Represent and discover probability occurrences
Histograms are useful for giving a rough view of the probability distribution and are used to provide insight into their behavior and frequency of occurrence. For instance, In hydrology, the estimated density function of rainfall and river discharge data are analyzed using a probability distribution histogram graph.
Use histograms to give a rough sense of the density of the underlying distribution of the data for density estimation: when estimating the probability density function of the underlying variable. The total area of a histogram used for probability density is always normalized to 1. However, only nonnegative numbers can be used for the scale that gives us the height of a given bar of the histogram.
Types of Histograms
1. Equal bin width Histogram
If the bins are of equal size, a rectangle is erected over the bin with height proportional to the frequency—representing the equal bin width histogram.
2. Variable bin width histograms
When bins are not of equal width, the erected rectangle is defined to have its area proportional to the frequency of cases in the bin. The vertical axis is then not the frequency but frequency density—the frequency per unit of the class width on the horizontal axis.
3. Normalized or cumulative histograms
A histogram may also be normalized to display “relative” frequencies. It then shows the proportion of cases that fall into each of several categories, with the sum of the heights equaling 1.
When Not to Use a histogram?
When you need to show distribution against non-numerical categories
Do not use a histogram graph to plot the frequency of score occurrences in a non-continuous data set. Use bar charts for other types of variables including ordinal and nominal data sets since it’s a graph of categorical variables. The bar charts have gaps between the rectangles to clarify this distinction.

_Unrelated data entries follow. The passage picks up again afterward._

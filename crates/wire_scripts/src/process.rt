//! The script of one process.

ghost use Rattle.std.specs.Prelude.{◌≡◌};

use std::marker::Model;
use wire_types::Call;

/// A process: the numbers of its job and of its node, its rank in the job, and its calls in order.
pub struct Process {
    job: u32,
    rank: u32,
    node: u32,
    calls: Vec<Call>,
}

// By hand and not derived: so dropping one is a call, and the proof of a function that drops one doesn't take it apart.
impl Drop for Process {
    fn drop(self) {
        let Process {
            job: _,
            rank: _,
            node: _,
            calls: _,
        } = self;
    }
}

impl Model for Process {
    ghost use Rattle.wire_scripts.specs.Process as spec;

    ghost Value = { spec.Process };

    ghost view = { λ p. record { job = p.job; rank = p.rank; node = p.node; calls = p.calls.items } };
}

impl Process {
    /// A process of this job, with its rank there, its node and its calls.
    pub fn new(job: u32, rank: u32, node: u32, calls: Vec<Call>) -> Process
        ensures { result ≡ record { job = job; rank = rank; node = node; calls = calls.items } }
    {
        Process {
            job,
            rank,
            node,
            calls,
        }
    }

    /// The number of its job.
    pub fn job(&self) -> u32
        ensures { result ≡ self.now.job }
    {
        self.job
    }

    /// Its rank in its job, from 0 (PMIX_RANK).
    pub fn rank(&self) -> u32
        ensures { result ≡ self.now.rank }
    {
        self.rank
    }

    /// The number of its node.
    pub fn node(&self) -> u32
        ensures { result ≡ self.now.node }
    {
        self.node
    }

    /// Its calls, in their order.
    pub fn calls(&self) -> &[Call]
        ensures { result.now ≡ self.now.calls }
    {
        self.calls.as_slice()
    }
}

/// Puts a process on the node of this number.
pub(crate) fn move_to(process: &mut Process, node: u32)
    ensures { process.new ≡ record process.old { node = node } }
{
    process.node = node;
}

impl PartialEq for Process {
    ghost use Rattle.wire_scripts.specs.Same.{same_process, processes_alike};

    ghost eq = { same_process };

    ghost laws = { processes_alike };

    fn eq(&self, other: &Process) -> bool {
        self.job == other.job
            && self.rank == other.rank
            && self.node == other.node
            && self.calls.as_slice() == other.calls.as_slice()
    }
}
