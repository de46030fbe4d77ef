//! The canonical text of scripts.

ghost use Rattle.std.specs.Prelude.{◌≡◌, ◌++◌, ◌∷◌, [], map, flat_map, codes, OnOk, IfOk, IfErr};
ghost use Rattle.wire_types.specs.Said as said;
ghost use Rattle.wire_types.specs.Said.{spelled_scope, spelled_version};
ghost use Rattle.wire_types.specs.Texts.{texts_of};
ghost use Rattle.wire_scripts.specs.Scripts.{text_at, set_at};
ghost use Rattle.wire_scripts.specs.Canonical.{process_at, process_text, words_text, line_text, set_said};
ghost use Rattle.wire_scripts.specs.Canonical.{call_said, process_said, job_said, jobs_said, keep_said};

use crate::process::Process;
use crate::scripts::Scripts;
use crate::set_word::{job_and_rank, set_word};
use std::alloc::{AllocError, Global};
use wire_types::{Call, Fault, Proc, Scope, Version, proc_word};

/// Writes a line: its words with a space between each two, and a line feed.
fn write_line(out: &mut Vec<u8>, first: &[u8], others: &[&[u8]]) -> Result<(), AllocError>
    ensures { OnOk result (out.new.items ≡ out.old.items
        ++ words_text (first.now ∷ texts_of others.now)) }
{
    out.extend_from_slice(first)?;
    for word in others {
        out.push(b' ')?;
        out.extend_from_slice(word)?;
    }
    out.push(b'\n')?;
    Ok(())
}

/// The word of a scope.
fn scope_word(scope: Scope) -> &'static [u8]
    ensures { result.now ≡ spelled_scope scope }
{
    match scope {
        Scope::Local => b"local".as_slice(),
        Scope::Remote => b"remote".as_slice(),
        Scope::Global => b"global".as_slice(),
    }
}

/// The word of a version, in the header.
fn version_word(version: Version) -> &'static [u8]
    ensures { result.now ≡ spelled_version version }
{
    match version {
        Version::One => b"1".as_slice(),
        Version::Two => b"2".as_slice(),
    }
}

/// Writes the line of a put, given the word of its scope.
fn write_put(
    out: &mut Vec<u8>,
    scripts: &Scripts,
    scope: &[u8],
    key: u32,
    value: u32,
) -> Result<(), AllocError>
    ensures { OnOk result (out.new.items ≡ out.old.items
        ++ words_text (codes "put" ∷ scope.now ∷ text_at scripts.now.keys key
        ∷ text_at scripts.now.values value ∷ [])) }
{
    let key = scripts.keys().text(key);
    let value = scripts.values().text(value);
    write_line(out, b"put".as_slice(), &[scope, key, value])
}

/// Writes the line of a fence of a process of this job.
fn write_fence(
    out: &mut Vec<u8>,
    scripts: &Scripts,
    job: u32,
    set: u32,
    collect: bool,
) -> Result<(), AllocError>
    ensures { OnOk result (out.new.items ≡ out.old.items
        ++ line_text (said.Calls (said.Fence
        (set_said scripts.now job (set_at scripts.now.sets set)) collect))) }
{
    let word = set_word(*out.allocator(), scripts, job, set)?;
    if collect {
        write_line(
            out,
            b"fence".as_slice(),
            &[word.as_slice(), b"collect".as_slice()],
        )
    } else {
        write_line(out, b"fence".as_slice(), &[word.as_slice()])
    }
}

/// Writes the line of a get, of either kind, which its first word tells.
fn write_get(
    out: &mut Vec<u8>,
    scripts: &Scripts,
    verb: &[u8],
    owner: Proc,
    key: u32,
) -> Result<(), AllocError>
    ensures { OnOk result (out.new.items ≡ out.old.items
        ++ words_text (verb.now ∷ process_text scripts.now (process_at scripts.now owner.number)
        ∷ text_at scripts.now.keys key ∷ [])) }
{
    let (job, rank) = job_and_rank(scripts, owner);
    let word = proc_word(*out.allocator(), scripts.jobs().text(job), rank)?;
    write_line(out, verb, &[word.as_slice(), scripts.keys().text(key)])
}

/// Writes the line of a publish.
fn write_publish(
    out: &mut Vec<u8>,
    scripts: &Scripts,
    name: u32,
    value: u32,
) -> Result<(), AllocError>
    ensures { OnOk result (out.new.items ≡ out.old.items
        ++ words_text (codes "publish" ∷ text_at scripts.now.names name
        ∷ text_at scripts.now.values value ∷ [])) }
{
    let name = scripts.names().text(name);
    let value = scripts.values().text(value);
    write_line(out, b"publish".as_slice(), &[name, value])
}

/// Writes the line of a call of a name alone, which its first word tells.
fn write_named(
    out: &mut Vec<u8>,
    scripts: &Scripts,
    verb: &[u8],
    name: u32,
) -> Result<(), AllocError>
    ensures { OnOk result (out.new.items ≡ out.old.items
        ++ words_text (verb.now ∷ text_at scripts.now.names name ∷ [])) }
{
    write_line(out, verb, &[scripts.names().text(name)])
}

/// Writes the line of a call of a process of this job.
fn write_call(out: &mut Vec<u8>, scripts: &Scripts, job: u32, call: &Call) -> Result<(), AllocError>
    ensures { OnOk result (out.new.items ≡ out.old.items
        ++ line_text (said.Calls (call_said scripts.now job call.now))) }
{
    match *call {
        Call::Put { scope, key, value } => {
            write_put(out, scripts, scope_word(scope), key, value)
        }
        Call::Commit => write_line(out, b"commit".as_slice(), &[]),
        Call::Fence { set, collect } => write_fence(out, scripts, job, set, collect),
        Call::Get { owner, key } => write_get(out, scripts, b"get".as_slice(), owner, key),
        Call::GetNow { owner, key } => {
            write_get(out, scripts, b"get-now".as_slice(), owner, key)
        }
        Call::Publish { name, value } => write_publish(out, scripts, name, value),
        Call::Lookup { name } => write_named(out, scripts, b"lookup".as_slice(), name),
        Call::LookupWait { name } => write_named(out, scripts, b"lookup-wait".as_slice(), name),
        Call::Unpublish { name } => write_named(out, scripts, b"unpublish".as_slice(), name),
        Call::UnpublishAll => write_line(out, b"unpublish".as_slice(), &[b"*".as_slice()]),
    }
}

/// Appends the lines of a process: its `rank` line, and those of its calls.
fn write_process(out: &mut Vec<u8>, scripts: &Scripts, process: &Process) -> Result<(), AllocError>
    ensures { OnOk result (out.new.items ≡ out.old.items
        ++ flat_map line_text (process_said scripts.now process.now)) }
{
    write_line(
        out,
        b"rank".as_slice(),
        &[scripts.nodes().text(process.node())],
    )?;
    for call in process.calls() {
        write_call(out, scripts, process.job(), call)?;
    }
    Ok(())
}

/// Appends the lines of a job: its `job` line, and those of its processes.
fn write_job(out: &mut Vec<u8>, scripts: &Scripts, job: u32) -> Result<(), AllocError>
    ensures { OnOk result (out.new.items ≡ out.old.items
        ++ flat_map line_text (job_said scripts.now job (text_at scripts.now.jobs job))) }
{
    write_line(out, b"job".as_slice(), &[scripts.jobs().text(job)])?;
    for process in scripts.processes() {
        if process.job() == job {
            write_process(out, scripts, process)?;
        }
    }
    Ok(())
}

/// Appends the lines of all nodes.
fn write_nodes(out: &mut Vec<u8>, scripts: &Scripts) -> Result<(), AllocError>
    ensures { OnOk result (out.new.items ≡ out.old.items
        ++ flat_map line_text (map (λ n. said.Node n) scripts.now.nodes)) }
{
    for node in 0..scripts.nodes().len() {
        write_line(out, b"node".as_slice(), &[scripts.nodes().text(node)])?;
    }
    Ok(())
}

/// Appends the lines of all jobs.
fn write_jobs(out: &mut Vec<u8>, scripts: &Scripts) -> Result<(), AllocError>
    ensures { OnOk result (out.new.items ≡ out.old.items
        ++ flat_map line_text (jobs_said scripts.now 0 scripts.now.jobs)) }
{
    for job in 0..scripts.jobs().len() {
        write_job(out, scripts, job)?;
    }
    Ok(())
}

/// Writes the line of scripts that keep what gets bring.
fn write_keep(out: &mut Vec<u8>, scripts: &Scripts) -> Result<(), AllocError>
    ensures { OnOk result (out.new.items ≡ out.old.items ++ flat_map line_text (keep_said scripts.now.keeps)) }
{
    if scripts.keeps() {
        write_line(out, b"keep".as_slice(), &[])
    } else {
        Ok(())
    }
}

impl Scripts {
    ghost use Rattle.wire_scripts.specs.Canonical.{canonical};

    /// The canonical text: the header, `keep` where they keep what gets bring, the nodes, then the jobs with
    /// their processes and calls, one space between words and a line feed after every line. The set of a
    /// fence is `all` where it is just the caller's job, else the jobs that it has whole and its other
    /// processes, in process order. The only fault is `Memory`.
    pub fn to_text(&self, alloc: Global) -> Result<Vec<u8>, Fault>
        ensures ok { IfOk result (λ text. text.items ≡ canonical self.now) }
        ensures err { IfErr result (λ e. e ≡ Fault.Memory) }
    {
        let mut out = Vec::new(alloc);
        write_line(
            &mut out,
            b"rehearsal".as_slice(),
            &[version_word(self.version())],
        )?;
        write_keep(&mut out, self)?;
        write_nodes(&mut out, self)?;
        write_jobs(&mut out, self)?;
        Ok(out)
    }
}
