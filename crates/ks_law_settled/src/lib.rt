//! What a settled journal of a job answers. Laws alone: each public function has an empty body, and its contract is the law.
#![tactic(auto)]

pub mod in_time;
pub mod routes;

ghost use Rattle.ks_law_settled.specs.Replayed.{StatesAgree};
ghost use Rattle.ks_law_settled.specs.Settled.{
  CollisionsAreTold,
  OthersAreTheQuery,
  RunsHaveEnded,
  SubscriptionsAreTheQuery,
  TablesAreTheQuery,
  WindowsLackTheLate,
  WithinGraceIsNotLate,
};

/// Of every job of a well-formed topology and every settled, legal and faithful journal that has produced exactly its records: where no
/// two rows of a left key of a join on a foreign key collide, each printed table that is no windowed count is, by the folds of its
/// changelog, the query's; and where nothing was late, each printed table is.
pub fn settled_tables_are_the_query()
    ensures tables { TablesAreTheQuery }
    ensures others { OthersAreTheQuery }
{}

/// Of the same journals, whatever collides: each window's count, by the folds, is at most the query's, and in total they lack the
/// committed late total. Where the job's records are within grace that is 0.
pub fn windows_lack_the_late()
    ensures counts { WindowsLackTheLate }
    ensures in_time { WithinGraceIsNotLate }
{}

/// Of the same journals: the first two decided records of a left node's changelog that collide, by node, partition, greater and lesser
/// offset, are a collision of the journal's run; and where there are none the run has none.
pub fn collisions_are_told()
    ensures { CollisionsAreTold }
{}

/// Each state of a journal's replay, which is a run over bytes, is that of the decoded run of the same steps: so what holds in every
/// state of every run of a topology holds in those of a journal. Of a settled journal the run is at rest, its stores are the folds of
/// the changelogs, and each subscription store has exactly the hashes of the query's left rows.
pub fn replays_are_decoded()
    ensures states { StatesAgree }
    ensures ended { RunsHaveEnded }
    ensures subscriptions { SubscriptionsAreTheQuery }
{}
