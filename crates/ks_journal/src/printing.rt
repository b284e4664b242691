//! The text of a journal.
ghost use Rattle.std.specs.Prelude.{◌≡◌, ◌++◌, IfOk, OnOk};
ghost use Rattle.ks_journal.specs.Lines.{entry_text, line_text, journal_text};

use crate::replies::push_reply;
use crate::requests::{push_arguments, push_name};
use crate::values::push_byte;
use ks_history::{Entry, Journal};
use ks_record::Blob;
use std::alloc::{AllocError, Global};

fn push_entry(out: &mut Vec<u8>, entry: &Entry) -> Result<(), AllocError>
    ensures { OnOk result (out.new.items ≡ out.old.items ++ entry_text entry.now) }
{
    push_byte(out, b'[')?;
    push_name(out, &entry.request)?;
    push_byte(out, b',')?;
    push_arguments(out, &entry.request)?;
    push_reply(out, &entry.reply)?;
    push_byte(out, b']')
}

#[tactic(auto, unfolding(crate::specs::Lines::line_text))]
fn push_line(out: &mut Vec<u8>, entry: &Entry) -> Result<(), AllocError>
    ensures { OnOk result (out.new.items ≡ out.old.items ++ line_text entry.now) }
{
    push_entry(out, entry)?;
    push_byte(out, b'\n')
}

/// Appends the lines of some entries, one for each, in one pass and time linear in them. Want of memory is the one error; then some
/// of the lines may stand there.
pub fn push_journal(out: &mut Vec<u8>, entries: &[Entry]) -> Result<(), AllocError>
    ensures { OnOk result (out.new.items ≡ out.old.items ++ journal_text entries.now) }
{
    for entry in entries {
        push_line(out, entry)?;
    }
    Ok(())
}

/// The text of a journal: a line for each entry, refused requests included, each ended by LF (docs/formats.md, "Journal lines"). The
/// time is linear in the text; want of memory is the one error.
pub fn journal_text(alloc: Global, journal: &Journal) -> Result<Blob, AllocError>
    ensures { IfOk result (λ b. b ≡ journal_text journal.now) }
{
    let mut text = Vec::new(alloc);
    push_journal(&mut text, journal.as_slice())?;
    Blob::of(text)
}
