//! What holds of every line. Each law is the contract of a function that does nothing.
ghost use Rattle.std.specs.Prelude.{◌≡◌, List, Some};
ghost use Rattle.ks_history.specs.declared.journal.Entry.{Entry};
ghost use Rattle.ks_history.specs.State.{Setup, State};
ghost use Rattle.ks_history.specs.History.{IsStep};
ghost use Rattle.ks_journal.specs.Lines.{entry_text, journal_text};
ghost use Rattle.ks_journal.specs.Replies.{HasReply};
ghost use Rattle.ks_journal.specs.Fits.{FitsEntry, FitsJournal};
ghost use Rattle.ks_journal.specs.Reading.{entry_from};

/// A line tells its entry: JSON reads it as that entry, so that no other entry has it.
pub fn a_line_tells_its_entry()
    ensures again { (e : Entry) → FitsEntry e → entry_from (entry_text e) ≡ Some e }
    ensures one { (a b : Entry) → FitsEntry a → FitsEntry b → entry_text a ≡ entry_text b → a ≡ b }
{}

/// The text of a journal tells its entries: no other journal has it.
pub fn a_text_tells_its_journal()
    ensures { (a b : List Entry) → FitsJournal a → FitsJournal b → journal_text a ≡ journal_text b
        → a ≡ b }
{}

/// An entry of a legal journal has a reply that its request can have.
pub fn a_step_has_its_reply()
    ensures { (setup : Setup) (s : State) (e : Entry) → IsStep setup s e → HasReply e }
{}
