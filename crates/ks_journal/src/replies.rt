//! The end of a line: the reply.
ghost use Rattle.std.specs.Prelude.{◌≡◌, ◌++◌, Some, OnOk};
ghost use Rattle.serde_json.specs.Written.{compact_text};
ghost use Rattle.ks_record.specs.declared.assignment.Refused.TheVariants.{AlreadyDecided, NoTransaction, NotAssigned, BadAssignment};
ghost use Rattle.ks_journal.specs.Lines.{owner_data, refusal_text, mark_data, reply_data};

use crate::fields::{number_field, part_fields};
use crate::values::{push_byte, push_null, push_number, push_pair, push_task, push_truth};
use ks_history::Reply;
use ks_record::{PartId, Refused, TaskId};
use std::alloc::AllocError;

fn push_owner(out: &mut Vec<u8>, owner: Option<u8>) -> Result<(), AllocError>
    ensures { OnOk result (out.new.items ≡ out.old.items ++ compact_text (owner_data owner)) }
{
    match owner {
        Some(worker) => push_number(out, worker as u64),
        None => push_null(out),
    }
}

fn push_not_assigned(out: &mut Vec<u8>, owner: Option<u8>) -> Result<(), AllocError>
    ensures { OnOk result (out.new.items ≡ out.old.items ++ refusal_text (NotAssigned owner)) }
{
    push_byte(out, b'[')?;
    number_field(out, 6)?;
    push_owner(out, owner)?;
    push_byte(out, b']')
}

fn push_already_decided(out: &mut Vec<u8>, commit: bool) -> Result<(), AllocError>
    ensures { OnOk result (out.new.items ≡ out.old.items ++ refusal_text (AlreadyDecided commit)) }
{
    push_byte(out, b'[')?;
    number_field(out, 3)?;
    push_truth(out, commit)?;
    push_byte(out, b']')
}

fn push_bad_assignment(out: &mut Vec<u8>, task: TaskId) -> Result<(), AllocError>
    ensures { OnOk result (out.new.items ≡ out.old.items ++ refusal_text (BadAssignment task)) }
{
    push_byte(out, b'[')?;
    number_field(out, 9)?;
    push_task(out, task)?;
    push_byte(out, b']')
}

fn push_no_transaction(out: &mut Vec<u8>) -> Result<(), AllocError>
    ensures { OnOk result (out.new.items ≡ out.old.items ++ refusal_text NoTransaction) }
{
    push_byte(out, b'[')?;
    push_number(out, 4)?;
    push_byte(out, b']')
}

// A refusal: its number and what it tells.
fn push_refusal(out: &mut Vec<u8>, refused: Refused) -> Result<(), AllocError>
    ensures { OnOk result (out.new.items ≡ out.old.items ++ refusal_text refused) }
{
    match refused {
        Refused::OutOfSequence { expected } => push_pair(out, (1, expected)),
        Refused::Fenced { held } => push_pair(out, (2, held)),
        Refused::AlreadyDecided { commit } => push_already_decided(out, commit),
        Refused::NoTransaction => push_no_transaction(out),
        Refused::OldGeneration { now } => push_pair(out, (5, now)),
        Refused::NotAssigned { owner } => push_not_assigned(out, owner),
        Refused::Unstable { producer } => push_pair(out, (7, producer as u64)),
        Refused::MarkersWaiting { left } => push_pair(out, (8, left as u64)),
        Refused::BadAssignment { task } => push_bad_assignment(out, task),
    }
}

// A marker that was written: `[T,P,COMMIT]`.
fn push_mark(out: &mut Vec<u8>, part: PartId, commit: bool) -> Result<(), AllocError>
    ensures { OnOk result (out.new.items ≡ out.old.items
        ++ compact_text (mark_data (Some (part, commit)))) }
{
    push_byte(out, b'[')?;
    part_fields(out, part)?;
    push_truth(out, commit)?;
    push_byte(out, b']')
}

pub(crate) fn push_reply(out: &mut Vec<u8>, reply: &Reply) -> Result<(), AllocError>
    ensures { OnOk result (out.new.items ≡ out.old.items ++ compact_text (reply_data reply.now)) }
{
    match reply {
        Reply::Done => push_truth(out, true),
        Reply::Number(number) => push_number(out, *number),
        Reply::Truth(truth) => push_truth(out, *truth),
        Reply::Mark(None) => push_null(out),
        Reply::Mark(Some((part, commit))) => push_mark(out, *part, *commit),
        Reply::Refused(refused) => push_refusal(out, *refused),
    }
}
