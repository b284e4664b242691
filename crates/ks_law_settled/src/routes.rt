//! Where the records of a topology's tasks go. Each law is the contract of a function that does nothing.
ghost use Rattle.ks_law_settled.specs.Routes.{InputsAreOnce, PartitionsAreRead, TopologiesSendInside};

/// No subtopology has an input twice.
pub fn inputs_once()
    ensures { InputsAreOnce }
{}

/// All that a task of a well-formed topology makes of a record of its inputs goes to partitions of the cluster, whatever its
/// stores hold: what would go elsewhere is held back.
pub fn topologies_send_inside()
    ensures { TopologiesSendInside }
{}

/// Each partition of each topic of a well-formed topology's drain order is an input of one of its tasks.
pub fn partitions_are_read()
    ensures { PartitionsAreRead }
{}
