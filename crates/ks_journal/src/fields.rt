//! The arguments in a line, each with the comma after it.
ghost use Rattle.std.specs.Prelude.{◌≡◌, ◌++◌, OnOk};
ghost use Rattle.serde_json.specs.Data.{boolean};
ghost use Rattle.ks_journal.specs.Lines.{field_text, part_text, task_work_text, assignment_text, offsets_text, whole, rec_data, task_data, recs_data, pairs_data, places_data};

use crate::values::{
    push_byte, push_number, push_pairs, push_places, push_positions, push_rec, push_recs,
    push_task, push_truth,
};
use ks_record::{Assignment, PartId, Rec, SharedRecords, TaskId};
use std::alloc::AllocError;

pub(crate) fn number_field(out: &mut Vec<u8>, number: u64) -> Result<(), AllocError>
    ensures { OnOk result (out.new.items ≡ out.old.items ++ field_text (whole number)) }
{
    push_number(out, number)?;
    push_byte(out, b',')
}

pub(crate) fn truth_field(out: &mut Vec<u8>, truth: bool) -> Result<(), AllocError>
    ensures { OnOk result (out.new.items ≡ out.old.items ++ field_text (boolean truth)) }
{
    push_truth(out, truth)?;
    push_byte(out, b',')
}

pub(crate) fn task_field(out: &mut Vec<u8>, task: TaskId) -> Result<(), AllocError>
    ensures { OnOk result (out.new.items ≡ out.old.items ++ field_text (task_data task)) }
{
    push_task(out, task)?;
    push_byte(out, b',')
}

pub(crate) fn rec_field(out: &mut Vec<u8>, rec: &Rec) -> Result<(), AllocError>
    ensures { OnOk result (out.new.items ≡ out.old.items ++ field_text (rec_data rec.now)) }
{
    push_rec(out, rec.as_ref())?;
    push_byte(out, b',')
}

pub(crate) fn recs_field(out: &mut Vec<u8>, recs: &SharedRecords) -> Result<(), AllocError>
    ensures { OnOk result (out.new.items ≡ out.old.items ++ field_text (recs_data recs.now)) }
{
    push_recs(out, recs)?;
    push_byte(out, b',')
}

fn pairs_field(out: &mut Vec<u8>, pairs: &[(u16, u64)]) -> Result<(), AllocError>
    ensures { OnOk result (out.new.items ≡ out.old.items ++ field_text (pairs_data pairs.now)) }
{
    push_pairs(out, pairs)?;
    push_byte(out, b',')
}

pub(crate) fn positions_field(
    out: &mut Vec<u8>,
    positions: &[(TaskId, u64)],
) -> Result<(), AllocError>
    ensures { OnOk result (out.new.items ≡ out.old.items
        ++ field_text (places_data positions.now)) }
{
    push_positions(out, positions)?;
    push_byte(out, b',')
}

fn places_field(out: &mut Vec<u8>, places: &[(TaskId, u8)]) -> Result<(), AllocError>
    ensures { OnOk result (out.new.items ≡ out.old.items ++ field_text (places_data places.now)) }
{
    push_places(out, places)?;
    push_byte(out, b',')
}

// The topic and the number of a partition.
pub(crate) fn part_fields(out: &mut Vec<u8>, part: PartId) -> Result<(), AllocError>
    ensures { OnOk result (out.new.items ≡ out.old.items ++ part_text part) }
{
    number_field(out, part.topic as u64)?;
    number_field(out, part.part as u64)
}

// A worker, its epoch, a number and a task.
pub(crate) fn task_work_fields(
    out: &mut Vec<u8>,
    w: u8,
    epoch: u64,
    number: u64,
    task: TaskId,
) -> Result<(), AllocError>
    ensures { OnOk result (out.new.items ≡ out.old.items ++ task_work_text w epoch number task) }
{
    number_field(out, w as u64)?;
    number_field(out, epoch)?;
    number_field(out, number)?;
    task_field(out, task)
}

// The offsets of a task, the order in which it took its records, and how many pairs were late.
pub(crate) fn offsets_fields(
    out: &mut Vec<u8>,
    offsets: &[(u16, u64)],
    order: &[(u16, u64)],
    late: u64,
) -> Result<(), AllocError>
    ensures { OnOk result (out.new.items ≡ out.old.items
        ++ offsets_text offsets.now order.now late) }
{
    pairs_field(out, offsets)?;
    pairs_field(out, order)?;
    number_field(out, late)
}

// The three lists of an assignment.
pub(crate) fn assignment_fields(out: &mut Vec<u8>, a: &Assignment) -> Result<(), AllocError>
    ensures { OnOk result (out.new.items ≡ out.old.items ++ assignment_text a.now) }
{
    places_field(out, a.active.as_slice())?;
    places_field(out, a.standby.as_slice())?;
    places_field(out, a.warmup.as_slice())
}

When you need to represent and discover correlations between two variables
Use a scatter plot when correlations between x and y-axis quantities are needed rather than to represent and gain an understanding of the distribution of a single variable across different intervals. Ask if you need to determine the way one variable changes with respect to the change in the other. In that case, you can use various correlation charts like line graphs, scatter plots, etc.